There is then a further issue that multiprocessing
can be particularly annoying with the requirement to protect
target functions inside if __name__ == '__main__
Approach
My approach is to use multiprocess.Process
to run the function and then kill it if it breaches a timeout threshold.
There are two ways to approach this, one is with time.sleep
where we can do something like populate a mutable object and then kill the process irrespective of whether it has finished.

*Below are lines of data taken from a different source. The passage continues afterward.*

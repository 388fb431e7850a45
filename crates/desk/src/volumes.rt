// Format, which makes a volume of any bytes, check, which judges any bytes, bring-up of a volume from before there were record counts, and
// compact, which closes a volume up.
ghost use Rattle.std.specs.Prelude.{[]};
ghost use Rattle.desk.specs.Desk.{state};
ghost use Rattle.desk.specs.Calls.{Ensured, format, check, bring_up, compact};

use crate::{Answer, Desk, Reply, Report};
use compaction::closing;
use files::check;
use numbers::MOST_QUOTA;
use work::{Refusal, bringing, formatting};

// Stays: directory sectors and quota are any numbers, as C hands them over and as the definition `Call` of specs/Calls has them.
impl Desk {
    /// Makes the whole image an empty volume with this ID of four bytes and 1 to 8 directory sectors, and answers an empty desk.
    /// Refuses a length that is not 256 times 16 to 2,048, a number of directory sectors out of range, and a bad ID.
    pub fn format(mut self, image: &mut [u8], id: &[u8], dirs: u32) -> Reply
        ensures { Ensured (format id.now dirs) (state image.old self)
            result.answer image.new result.desk [] }
    {
        let answer = self.try_format(image, id, dirs);
        self.reply(answer)
    }

    fn try_format(&mut self, image: &mut [u8], id: &[u8], dirs: u32) -> Answer
        ensures { Ensured (format id.now dirs) (state image.old self.old)
            result image.new self.new [] }
    {
        // Stays: `as`, here and below: usize has no From<u32>, and what is narrowed is proved to fit.
        formatting::format(image, id, dirs as usize)?;
        *self = Desk::empty();
        Ok(Report::Moved(0))
    }

    /// Answers whether the image is a sound volume, and its free sectors, 0 if it is not. Never refuses.
    pub fn check(self, image: &[u8]) -> Reply
        ensures { Ensured check (state image.now self) result.answer image.now result.desk [] }
    {
        let verdict = check::check(image);
        let free = verdict.free as u32;
        self.reply(Ok(Report::Checked {
            sound: verdict.sound,
            free,
        }))
    }

    /// Gives each sequential entry of a volume from before there were record counts its count, and changes nothing else. Looks at no desk.
    /// Refuses a volume that is not sound by the rule of before, under which those bytes are zero.
    pub fn bring_up(self, image: &mut [u8]) -> Reply
        ensures { Ensured bring_up (state image.old self) result.answer image.new result.desk [] }
    {
        let answer = self.try_bring_up(image);
        self.reply(answer)
    }

    fn try_bring_up(&self, image: &mut [u8]) -> Answer
        ensures { Ensured bring_up (state image.old self.now) result image.new self.now [] }
    {
        bringing::bring_up(image)?;
        Ok(Report::Moved(0))
    }

    fn try_compact(&self, image: &mut [u8], quota: u32) -> Answer
        ensures { Ensured (compact quota) (state image.old self.now)
            result image.new self.now [] }
    {
        let p = self.begin(image, true)?;
        let most = quota as usize;
        if MOST_QUOTA < most {
            return Err(Refusal::OutOfRange);
        }
        let closing = closing::compact(image, p, most);
        Ok(Report::Compacted {
            moved: closing.moved as u32,
            ending: closing.ending,
        })
    }

    /// Closes the volume up: the highest-numbered data sector of any sequential file goes to the lowest free sector, as long as that one is
    /// lower, at most `quota` times. Reports the sectors moved and why it ended. What is read of the files stays, and so does the desk.
    /// Refuses a volume that is not sound or a desk that does not fit, then a quota above 2,048. It asks for no caller.
    pub fn compact(self, image: &mut [u8], quota: u32) -> Reply
        ensures { Ensured (compact quota) (state image.old self) result.answer image.new result.desk [] }
    {
        let answer = self.try_compact(image, quota);
        self.reply(answer)
    }
}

The more robust way is to use multiprocess.Queue
which has a timeout built into it.
Simple Start
The following is a way to put these initial ideas into practice, we can play with the timeout
as a proof of concept
import time
import multiprocessing as mp
import multiprocessing.queues as mpq
from typing import Tuple, Callable, Dict
def _lemmiwinks(func: Callable, args: Tuple[object], kwargs: Dict[str, object], q: mp.Queue):
"""lemmiwinks crawls into the unknown"""
q.put(func(*args, **kwargs))
def foo(x):
time.sleep(x)
return x
if __name__ == '__main__':
x = 2
timeout = 1
q_worker = mp.Queue()
proc = mp.Process(target=_lemmiwinks, args=(foo, (x,), {}, q_worker))
proc.start()
try:
res = q_worker.get(timeout=timeout)
print(res)
except mpq.Empty:
proc.terminate()
print('Timeout!')
We can create a TimeoutError
class to handle the timeouts like
class TimeoutError(Exception):
def __init__(self, func, timeout):
self.t = timeout
self.fname = func.__name__
def __str__(self):
return f"function '{self.fname}' timed out after {self.t}s"
Now I actually found a few cases where the proc
failed to terminate with an AttributeError
. Secondly, we kind of waht to make sure it terminates all the time anyway so I use the following
try:
return q_worker.get(timeout=timeout)
except mpq.Empty:
raise TimeoutError(func, timeout)
finally:
try:
proc.terminate()
except:
pass
Avoiding AttributeError when doing multiprocessing
One of the most annoying things when doing multiprocessing in python is the need to protect all the functions and routines using.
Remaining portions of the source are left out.